Этот милый человек писал приблизительно следующее:

«Муся, дорогая моя! Зачем ты прислала мне фотографию этой красивой чужой женщины? Я положил на стол все твои письма и перечитал их, смотря на снимок. Ни одного письма она не могла написать, разве что первое. Это не ты! Неужели ты думаешь, что мне нужна красота? Я ведь душу твою полюбил, твою душу».

Соня Спасская, которой я всегда читала получаемые письма, возмутилась. «Тамара, — строго сказала она, — перестаньте морочить голову этому хорошему человеку. Неужели вы не видите,

 

- 229 -

что происходит?» Я сама очень хотела прекратить переписку, но не знала как.

Помогли обстоятельства. У Петра закончился срок, домой ехать ему не разрешили, он должен был работать в Мариинске. Переписка с отцом Петра продолжалась: письма для Муси теперь приходили на имя Юки Пуппарт, якобы Мусиной подруги. Вначале частые свидания на вахте с Петром стали теперь редкими. До Юки через расконвоированных доходили слухи, что Петр пользуется большим успехом у военных вдов и молодых девушек и, кажется, уже кого-то прочно завел. Юка переживала это горестно и хотела, чтобы я написала обо всем отцу Петра. Мне очень это было неприятно: никто мне никогда не изменял, а тут я должна была горевать, что меня разлюбил какой-то шалопай! Но пришлось. Отец Петра ответил очень сдержанно, но письмо все-таки получилось радостным. Он писал, что Петр никогда меня не стоил, что это ничего не меняет, что дом его ждет хозяйку и чтобы я по освобождении сразу бы приезжала в Сталинград.

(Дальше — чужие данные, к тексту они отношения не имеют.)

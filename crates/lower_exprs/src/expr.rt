//! The instructions of expressions and conditions.

ghost use Rattle.std.specs.Prelude.{◌≡◌, [], ◌∷◌, ◌++◌, ◌+◌, ◌≤◌, map, drop, pos, OnOk, IfOk};
ghost use Rattle.syntax.specs.declared.tree.Expr as tree;
ghost use Rattle.syntax.specs.Names as Names;
ghost use Rattle.syntax.specs.Numbers.{word_of, operand_type as due_type};
ghost use Rattle.syntax.specs.Views.{expr_of, exprs_of, global_of, parameter_of};
ghost use Rattle.bytecode.specs.declared.instr.Instr.TheVariants as instr;
ghost use Rattle.selection.specs.Conditions as conditions;
ghost use Rattle.selection.specs.Expressions.{one, constant, variable, element, value_into, condition_value, call_code};
ghost use Rattle.selection.specs.Expressions.{in_own_transaction, condition_of, taken_types, emit, as_type};
ghost use Rattle.selection.specs.inner.Parts.{argument_value};
ghost use Rattle.selection.specs.Expressions.{operand};
ghost use Rattle.selection.specs.Expressions.{condition, emitted_type, types_of, emit_all};
ghost use Rattle.selection.specs.inner.Parts.{both_conditions, conditional};
ghost use Rattle.lower_exprs.specs.Lists.{lists_of};
ghost use Rattle.lower_exprs.specs.Fragments.{AddsValue, AddsTest, AddsValues};
ghost use Rattle.lower_exprs.specs.inner.Stretches.{in_place, AddsFirst};
ghost use Rattle.program_tables.specs.Entries.{shared_in};
ghost use Rattle.lower_exprs.specs.inner.Callees.{callee_in};
ghost use Rattle.lower_exprs.specs.Views.{scope_in};
ghost use Rattle.program_tables.specs.Views.{program_in};
ghost use Rattle.syntax.specs.declared.limits.TheConstants.{MOST_CELLS};

use crate::call::put_call;
use crate::cond::{opposite, zero_test};
use crate::convert::{constant_in, converts, put_converted};
use crate::draft::{keep, put_first, turn};
use crate::fault::LowerFailure;
use crate::lists::Lists;
use crate::names::{Callee, callee_of};
use crate::origins::note;
use crate::preloaded::{constant_of, constant_word, preloaded_constant};
use crate::put::{
    above, after, put_answers, put_both, put_chosen, put_compared, put_complemented, put_constant,
    put_in_transaction, put_into, put_negated, put_one, take,
};
use crate::scope::LocalRegisters;
use crate::value_type::value_type;
use bytecode::Instr;
use lex::token::{Scalar, Span};
use program_tables::{ProgramTables, Shared};
use selection::draft::Draft;
use selection::locations::{ConditionRegister, ValueRegister};
use smallvec::SmallVec;
use std::alloc::{AllocError, Allocator};
use syntax::spans::span_of;
use syntax::tree::{BinaryOp, Expr, LogicalOp, Parameter, UnaryOp};
use syntax::types::{common_type, operand_type};

/// A constant of the program.
fn put_number<A: Allocator>(
    lists: &mut Lists<A>,
    code: &mut Vec<Instr, A>,
    value: u64,
    ty: Scalar,
    from: u32,
    into: usize,
) -> Result<ValueRegister, LowerFailure>
    ensures { AddsValue (constant (word_of ty (pos value)) ty from into (lists_of lists.old))
        code.old code.new lists.new result }
{
    put_constant(lists, code, constant_word(ty, value), ty, from, into)
}

/// The value of a global.
fn put_read<A: Allocator + Copy>(
    lists: &mut Lists<A>,
    code: &mut Vec<Instr, A>,
    g: Shared<'_, A>,
    from: u32,
    into: usize,
) -> Result<ValueRegister, LowerFailure>
    requires { g.cell ≤ MOST_CELLS }
    ensures { AddsValue (one (instr.Read into g.entry.cell) from into g.entry.global.now.ty (lists_of lists.old))
        code.old code.new lists.new result }
{
    let register = take(lists, into)?;
    Ok(put_one(
        code,
        Instr::Read(register, g.cell as u32),
        from,
        register,
        g.global.ty,
    )?)
}

/// A variable's value.
fn lower_variable<A: Allocator + Copy>(
    names: &ProgramTables<'_, A>,
    scope: &LocalRegisters<'_, A>,
    lists: &mut Lists<A>,
    code: &mut Vec<Instr, A>,
    x: &str,
    from: u32,
    into: usize,
) -> Result<ValueRegister, LowerFailure>
    ensures { AddsValue (variable (Names.newest (scope_in scope.now) x.now)
        (Names.global_of (program_in names.now) x.now) from into (lists_of lists.old))
        code.old code.new lists.new result }
{
    match scope.newest(x) {
        Some((i, ty)) => {
            let register = take(lists, i)?;
            Ok(ValueRegister {
                register,
                ty,
                to: from,
            })
        }
        None => match names.global(x) {
            Some(g) => put_read(lists, code, g, from, into),
            None => put_constant(lists, code, 0, Scalar::Int, from, into),
        },
    }
}

/// An element of an array, whose index is a value.
fn put_read_at<A: Allocator + Copy>(
    lists: &mut Lists<A>,
    code: &mut Vec<Instr, A>,
    g: Shared<'_, A>,
    index: ValueRegister,
    into: usize,
) -> Result<ValueRegister, LowerFailure>
    requires { g.cell + Names.cells (global_of g.global.now) ≤ MOST_CELLS }
    ensures { AddsValue (element (Some (shared_in g.entry)) (in_place index (lists_of lists.old)) index.to into
        (lists_of lists.old)) code.old code.new lists.new result }
{
    let register = take(lists, into)?;
    let length = g.global.cell_count() as u32;
    let instr = Instr::ReadAt(register, index.register, g.cell as u32, length);
    Ok(put_one(code, instr, index.to, register, g.global.ty)?)
}

/// One register more of a call's arguments. A list of at most four takes no memory.
fn add_operand<A: Allocator>(
    registers: &mut SmallVec<u16, 4, &A>,
    register: u16,
) -> Result<(), AllocError>
    ensures { OnOk result (registers.new.items ≡ registers.old.items ++ register ∷ []) }
{
    match registers.push(register) {
        Ok(()) => Ok(()),
        Err(_) => Err(AllocError),
    }
}

/// An expression's value. A result that is computed comes into the register `into`; registers from `free` on may be
/// written. It is noted of its own instructions where it stands.
#[cycle(lower_expr)]
pub fn lower_expr<A: Allocator + Copy>(
    names: &ProgramTables<'_, A>,
    scope: &LocalRegisters<'_, A>,
    lists: &mut Lists<A>,
    code: &mut Vec<Instr, A>,
    e: &Expr<A>,
    from: u32,
    into: usize,
    free: usize,
) -> Result<ValueRegister, LowerFailure>
    ensures { AddsValue (emit (program_in names.now) (scope_in scope.now) (expr_of e.now) from into free
        (lists_of lists.old)) code.old code.new lists.new result }
{
    let location = lower_node(names, scope, lists, code, e, from, into, free)?;
    note(lists, location.to, span_of(e))?;
    Ok(location)
}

Слухи о Петре подтвердились. Юка к переписке окончательно охладела, и я написала последнее письмо о том, что я освобождаюсь и уезжаю в Эстонию к своей маме, что я благодарна ему за его очень добрые и искренние письма, что человек он прекрасный, и я желаю ему и его сыновьям счастья. Из Сталинграда было еще много писем. Отец Петра умолял «подругу» написать ему фамилию и адрес уехавшей Муси, переслать ей его письма. Это были уже прямые объяснения в любви.

Соня Спасская была мною возмущена, а я, хотя и искренно сокрушалась, но все-таки радовалась «освобождению».